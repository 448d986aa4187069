//! A source over a dump, which gives the image that it holds.

ghost use Rattle.std.specs.Prelude.{◌≡◌, ◌≤◌, ◌+◌, IfOk, length, option_map, true, false};
ghost use Rattle.std.specs.Io.KnownBytes.{IsAtEnd, Keeps, ReadConsumes};
ghost use Rattle.flashbase.specs.Device.{CountsErr};
ghost use Rattle.jspare.specs.Paging.{left_by, pages_by, pages_left, source_below};

use crate::layout::PageLayout;
use flashbase::{DeviceFault, Source};

/// How many spare bytes the source is asked for at once.
const PIECE: usize = 256;

/// A source that leaves out the spare bytes of a dump; without a layout it gives all bytes. By a
/// layout a call gives bytes of one page at most. It takes no memory, and after a failure it goes on
/// where the source of the dump does.
#[derive(Drop)]
pub struct PageSource<S: Source> {
    source: S,
    layout: Option<PageLayout>,

    /// How many bytes are left of this page, its spare bytes included.
    left: usize,
}

impl<S: Source> PageSource<S> {
    /// Over a source that is at the beginning of a page. By a layout whose pages have no bytes, it
    /// is at its end.
    pub fn new(source: S, layout: Option<PageLayout>) -> Self
        ensures rest { ⟦<PageSource<S> as Source>⟧.rest result
            ≡ option_map (pages_by layout) (S.rest source) }
        ensures failures { ⟦<PageSource<S> as Source>⟧.failures result ≡ S.failures source }
        ensures below { source_below result ≡ source }
    {
        let left = match layout {
            None => 0,
            Some(layout) => stride(layout),
        };
        PageSource {
            source,
            layout,
            left,
        }
    }

    /// The source of the dump, to ask it why it failed.
    pub fn source(&self) -> &S
        ensures { result.now ≡ source_below self.now }
    {
        &self.source
    }
}

impl<S: Source> Source for PageSource<S> {
    ghost rest = { λ s. option_map (left_by s.layout s.left) (S.rest s.source) };

    ghost failures = { λ s. S.failures s.source };

    fn fill(&mut self, buf: &mut [u8]) -> Result<usize, DeviceFault> {
        match self.layout {
            None => self.source.fill(buf),
            Some(layout) => fill_page(&mut self.source, layout, &mut self.left, buf),
        }
    }
}

/// The bytes of a page and its spare bytes.
fn stride(layout: PageLayout) -> usize
    ensures { result ≡ layout.page + layout.spare }
{
    layout.page as usize + layout.spare as usize
}

/// Fills a beginning of the slice with bytes of one page.
fn fill_page<S: Source>(
    source: &mut S,
    layout: PageLayout,
    left: &mut usize,
    buf: &mut [u8],
) -> Result<usize, DeviceFault>
    ensures within { IfOk result (λ n. n ≤ length buf.old) }
    ensures bytes { ReadConsumes (option_map (pages_left layout left.old) (S.rest source.old))
        (option_map (pages_left layout left.new) (S.rest source.new)) result buf.new }
    ensures count { CountsErr (S.failures source.old) (S.failures source.new) result }
{
    if !reach_page(source, layout, left)? {
        return Ok(0);
    }
    let count = buf.len().min(*left - layout.spare as usize);
    let n = source.fill(&mut buf[..count])?;
    *left -= n;
    Ok(n)
}

/// Skips the spare bytes, if nothing else is left of this page. False, if the source ends before.
fn reach_page<S: Source>(
    source: &mut S,
    layout: PageLayout,
    left: &mut usize,
) -> Result<bool, DeviceFault>
    ensures kept { Keeps (option_map (pages_left layout left.old) (S.rest source.old))
        (option_map (pages_left layout left.new) (S.rest source.new)) }
    ensures some_left { IfOk result (λ more. more ≡ true → layout.spare ≤ left.new) }
    ensures none_left { IfOk result
        (λ more. more ≡ true → left.new ≡ layout.spare → layout.page ≡ 0) }
    ensures end { IfOk result (λ more. more ≡ false → IsAtEnd (S.rest source.new)) }
    ensures count { CountsErr (S.failures source.old) (S.failures source.new) result }
{
    if *left > layout.spare as usize {
        return Ok(true);
    }
    let mut piece = [0u8; PIECE];
    while 0 < *left {
        let count = PIECE.min(*left);
        let n = source.fill(&mut piece[..count])?;
        if n == 0 {
            return Ok(false);
        }
        *left -= n;
    }
    *left = stride(layout);
    Ok(true)
}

» **What the task requires**
Find how many lines in the entries above have the string "stride" and report only that number.

» **Reply**
3